In section 472.010 we find, first, a statement as to what persons ... are interested. This first statement, taken alone, would not include any persons not specifically named and thus would omit administrators.... But effect must be given to the following words, “this meaning may vary at different stages and different parts of a proceeding and must be determined according to the particular purpose and matter involved.” We cannot ignore them. The legislature intended them to mean something, and that meaning must be either to narrow or to broaden the words of definition which precede.... But if we adopt a liberal construction, as we should and must do, we will give broad meaning to those words and interpret them together with the whole statute and the whole code and in the light of previous decisions concerning similar or related statutes.

Dugan, 309 S.W.2d at 144. (emphasis ours).

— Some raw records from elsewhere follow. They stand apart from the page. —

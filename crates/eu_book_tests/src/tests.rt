//! The tests, by what they are of.
mod book;
mod closed;
mod memory;
mod session_memory;
mod sessions;
mod shared;
mod shared_memory;
mod texts;
mod threads;
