/// What a server is to do. `Plan::of_server` is that of an ordinary one.
#[derive(Drop)]
pub struct Plan {
    /// The settings of its registry.
    pub config: Config,
    /// How many clients it expects at first.
    pub expected: u32,
    /// How many loops serve its connections, 1 to 16; 0 counts as 1, and more than 16 as 16.
    pub workers: u32,
    /// After how many connections it ends.
    pub sessions: u64,
    /// The milliseconds between two turns of each timer; 0 counts as 1.
    pub periods: Periods,
    /// How many connections it has at most, and how long it waits for them.
    pub limits: Limits,
    /// The descriptor of a pipe or a socket at whose end the server ends, too, if there is one.
    pub input: Option<RawFd>,
    /// Whether nothing is told on standard error of evictions and of connections that are refused.
    pub is_quiet: bool,
    /// The key by which its tables hash. Clients choose what is hashed, so they aren't to know it.
    pub hash_key: HashKey,
    /// Which requests it takes.
    pub policy: Policy,
    /// Where operators connect, if they do.
    pub operators: Option<TcpListener>,
}

impl Plan {
    /// That of an ordinary server with these settings, which expects so many clients, serves so many connections by so many workers, and has
    /// tables that hash by that key: its evictor takes a turn each `evict_ms` of the settings, the bucket ends a minute each `BUCKET_MS`, the threshold is updated each
    /// `THRESHOLD_MS`, its limits are those of `Limits::of_server`, its policy is that of `Policy::open`, and no operators connect.
    pub fn of_server(
        config: Config,
        expected: u32,
        workers: u32,
        sessions: u64,
        hash_key: HashKey,
    ) -> Plan
        ensures settings { (result.config ≡ config) × (result.expected ≡ expected) × (result.workers ≡ workers) × (result.sessions ≡ sessions) }
        ensures periods { result.periods ≡ record { evictor = config.evict_ms; bucket = BUCKET_MS; threshold = THRESHOLD_MS } }
        ensures limits { result.limits ≡ server_limits }
        ensures input { result.input ≡ None }
        ensures quiet { result.is_quiet ≡ false }
        ensures hash_key { result.hash_key ≡ hash_key }
        ensures policy { (result.policy.accepts_peers ≡ true) × (result.policy.allowed_origin ≡ None) × (result.policy.most_body ≡ 1048576) × (result.policy.lists ≡ true) }
        ensures operators { result.operators ≡ None }
    {
        Plan {
            config,
            expected,
            workers,
            sessions,
            periods: Periods::of_server(config.evict_ms),
            limits: Limits::of_server(),
            input: None,
            is_quiet: false,
            hash_key,
            policy: Policy::open(),
            operators: None,
        }
    }
}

The Dugan court analyzed the term “interested person” in relation to a party’s standing to appeal under § 472.160. This section provides that “[a]ny interested person aggrieved thereby may appeal” from certain enumerated orders of the probate court. In defining “interested person”, the Dugan court relied in part upon the rule that “statutes providing for appeal are to receive a liberal construction.” Id. at 143.

In the present case, we are confronted with the trial court’s dismissal of the petition to revoke independent letters of administration. When reviewing a motion to dismiss, we must broadly interpret the pleadings, treat all facts alleged as true, and construe all allegations favorably to the petitioner. Best v. Schoemehl, 652 S.W.2d 740, 741 (Mo.App.1983). Thus, as in Dugan, we must give effect to the legislature’s declaration that the term “may vary at different stages and different parts of a proceeding and must be determined according to the particular purpose and matter involved.” Section 472.010(15).

The Southern District’s recent case of In re Estate of Desterbecque, 800 S.W.2d 142 (Mo.App.1990), also supports a more liberal interpretation of § 472.010(15). There, the plaintiff filed a suit to compel specific performance of an alleged oral contract to devise decedent’s entire estate. He then moved, in the probate division, to block the personal representative’s attempt to sell the decedent’s real estate; the personal representative contended that the plaintiff was not an “interested person” with standing to contest the sale. The Desterbecque court held that the plaintiff’s pending suit to enforce the oral contract qualified him as an “interested person” for purposes of challenging the sale and appealing the probate court’s order to sell the real estate. Id. at 148.

We conclude that petitioner here qualifies as an “interested person” for the purpose of filing the petition to remove the personal representative and revoke the independent letters of administration. We believe this conclusion is supported by the Dugan court’s broad interpretation of § 472.010(15), and by the determination in Desterbecque that a suit to enforce an oral contract to devise an entire estate renders a petitioner an “interested person” for the purpose of challenging a personal representative’s attempt to sell real property in the estate. Furthermore, logic dictates that a person claiming a substantial portion of an estate has an interest in its administration.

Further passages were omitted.